Smart is good, child-friendly is better

BANGKOK, 12 December 2017:Airport customer relations were in the news when AirAsia’s founder challenged the management of  Malaysia’s airport on its decision to raise the passenger service tax at KLIA2 to be in line with other international airports in Malaysia.

KLIA2 is the low-cost airport next to KLIA and home to AirAsia. Its founder and chairman, Tony Fernandes, is known for dishing out criticism of the airport’s management on pricing and delays in introducing smart check-in solutions.

Airports tend to make arbitrary decisions on customer services and fees without seeking passenger feedback.

A recent Amadeus report, that explores how airports can harness digital transformation to create greater value for airlines and passengers, noted passengers have the final say. They are the ultimate customers and if there is a choice they will travel through airports that have a strong customer driven management.
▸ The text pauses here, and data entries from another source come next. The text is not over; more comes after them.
ghost use Rattle.std.specs.Prelude.{◌≡◌, ◌≤◌, ◌^◌, [], None, IfOk, OnErr};
ghost use Rattle.frame_head.specs.Codecs.{fault_of};
ghost use Rattle.frame_rule.specs.Decoding.{fresh};
ghost use Rattle.relay_ports.specs.States.{IsFreshSource};
ghost use Rattle.input_pieces.specs.Pieces.{HasRead};
ghost use Rattle.relay_app.specs.Cutting.{CutsTo, HasCut, Interrupted, IsStopOf, ReadsAndReports};
ghost use Rattle.relay_app.specs.Framing.{framing};
ghost use Rattle.relay_app.specs.Runs.{Answers, RunsInput};

use crate::cutter::Cutter;
use crate::status::Status;
use any_scanner::AnyScanner;
use frame_head::laws::stable_units;
use frame_rule::{Codec, Decoder, Framer};
use input_pieces::{NoPiece, PieceReader, Stop};
use relay_ports::{Host, NotOpened, Sink, Source};
use std::alloc::{AllocError, Global};

/// Cuts the input of a name into frames, and writes a line for each unit and a last line to the report.
///
/// The input is read in blocks of `block` bytes, to its end, its first failure, or the limit of `limit` bytes.
/// After a failure of the report nothing more is written, and the input is still read to its end. It is linear in
/// the input, copies no byte of a frame, and keeps two blocks, the units of one (some 200 bytes each), the blocks of
/// the open frame, and 64 KiB of text.
pub fn frames<H: Host>(
    alloc: Global,
    host: &mut H,
    codec: Codec,
    name: &str,
    block: usize,
    limit: u64,
) -> Status
    requires codec { fault_of codec ≡ None }
    requires block { (1 ≤ block) × (block ≤ 1048576) }
    requires limit { limit ≤ 2 ^ 40 }
    ensures { RunsInput (Answers (framing codec)) name.now limit (H.state host.old) (H.state host.new) result }
{
    frames_by(
        alloc,
        host,
        Framer::<AnyScanner>::new(codec),
        name,
        block,
        limit,
    )
}

// Cuts the input of a name into frames by a decoder that was fed nothing.
fn frames_by<H: Host, D: Decoder>(
    alloc: Global,
    host: &mut H,
    decoder: D,
    name: &str,
    block: usize,
    limit: u64,
) -> Status
    requires fed { D.stands decoder [] }
    requires kept { (D.state decoder).kept ≡ [] }
    requires block { (1 ≤ block) × (block ≤ 1048576) }
    requires limit { limit ≤ 2 ^ 40 }
    ensures { RunsInput (Answers (framing (D.state decoder).codec)) name.now limit
        (H.state host.old) (H.state host.new) result }
{
    let input = match host.open_in(name) {
        Ok(input) => input,
        Err(NotOpened::Failed) => return Status::NotOpened { nth: 0 },
        Err(NotOpened::NoMemory) => return Status::Memory,
    };
    let mut reader = PieceReader::new(input, block, limit);
    let status = cut_input(alloc, &mut reader, host.report(), decoder);
    host.finish_in(name, reader.into_input());
    status
}

// Cuts an input of which nothing was read yet.
fn cut_input<S: Source, W: Sink, D: Decoder>(
    alloc: Global,
    reader: &mut PieceReader<S>,
    report: &mut W,
    decoder: D,
) -> Status
    requires fed { D.stands decoder [] }
    requires kept { (D.state decoder).kept ≡ [] }
    requires block { reader.old.block ≤ 1048576 }
    requires limit { reader.old.limit ≤ 2 ^ 40 }
    requires fresh { IsFreshSource (S.state reader.old.input) }
    requires unread { HasRead S.state reader.old.block reader.old.limit (S.state reader.old.input) [] reader.old }
    ensures { ReadsAndReports (framing (D.state decoder).codec) reader.old.limit
        (S.state reader.new.input) (W.state report.old) (W.state report.new) result }
{
    // For the proof alone: lines that were printed stay the first of the report when more is read.
    stable_units();
    let Ok(mut cutter) = Cutter::new(alloc, decoder) else {
        return Status::Memory;
    };
    match cut_pieces(alloc, reader, report, &mut cutter) {
        Ok(stop) => cutter.close(alloc, report, stop),
        Err(AllocError) => Status::Memory,
    }
}

// Cuts piece after piece, until no more is to be read.
#[tactic(auto, using(crate::proofs::Inputs::within_limit))]
fn cut_pieces<S: Source, W: Sink, D: Decoder>(
    alloc: Global,
    reader: &mut PieceReader<S>,
    report: &mut W,
    cutter: &mut Cutter<D>,
) -> Result<Stop, AllocError>
    requires block { reader.old.block ≤ 1048576 }
    requires limit { reader.old.limit ≤ 2 ^ 40 }
    requires unread { HasRead S.state reader.old.block reader.old.limit (S.state reader.old.input) [] reader.old }
    requires fresh { HasCut D.state D.stands (D.state cutter.old.decoder).codec (W.state report.old) []
        cutter.old (W.state report.old) }
    requires kept { (D.state cutter.old.decoder).kept ≡ [] }
    ensures cut { IfOk result (λ stop. CutsTo D.state D.stands (D.state cutter.old.decoder).codec
        reader.old.block reader.old.limit stop (S.state reader.old.input) (S.state reader.new.input)
        (W.state report.old) cutter.new (W.state report.new)) }
    ensures interrupted { OnErr result (Interrupted (D.state cutter.old.decoder).codec
        reader.old.block reader.old.limit (S.state reader.old.input) (S.state reader.new.input)
        (W.state report.old) (W.state report.new)) }
{
    'reading: loop {
        let piece = match cutter.next_piece(alloc, reader) {
            Ok(piece) => piece,
            Err(none) => return stop_of(none),
        };
        cutter.cut(alloc, report, piece)?;
    }
}

// Why a reading stopped, where it wasn't for want of memory.
fn stop_of(none: NoPiece) -> Result<Stop, AllocError>
    ensures { IsStopOf none result }
{
    match none {
        NoPiece::Stopped(stop) => Ok(stop),
        NoPiece::NoMemory => Err(AllocError),
    }
}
Amadeus sings the praise of staying ahead of the curve, by building a sophisticated IT environment to create value for airport stakeholders.

Although IT solutions that make airports smarter are always welcome, there are plenty of low-tech improvements that airports should take on board. They are usually ignored by high-flying research and studies.

For example how many passengers prefer bus transfers to and from plane to arrival lounges?

At Bangkok’s Don Mueang airport, passengers are gifted a  grand tour as the bus weaves around the terminal piers and then backtracks to the bus bay and a door leading to the arrivals corridor.

Do passengers enjoy the complimentary site tour? Probably not, as it adds 10 minutes to the airport transfer experience and they are in a hurry.

Do airlines and airports brainstorm how they deal with young mothers travelling with toddlers?  They are usually carrying their child and balancing hand luggage, most of it needed to care for a baby in travel mode.

A crowded bus transfer and the long walk to immigration is a hardship that can actually escalate into a nightmare if an overflowing diaper needs changing. Where are the infant rooms?

Airlines need to restructure their offer for mothers with young children. If there must be a transfer from remote parking, give them a different more comfortable version such as a commuter van where they can sit rather than be jostled like cattle on an overcrowded bus. Treat them like business-class passengers, or disabled travellers. Give them respect.

In a perfect airport environment the bus transfer is obsolete, a mother with children would be given a golf cart transfer from gate to the immigration checkpoints with a pit-stop at an infants’ changing room if required.

I have yet to see an airline that claims it is toddler friendly from a mother’s perspective.

Buses and diaper stops, caring for mother and child fails to make it in research papers. Not a smart enough topic? That leaves mothers and children to muddle through airports in near crisis mode and that’s a shame.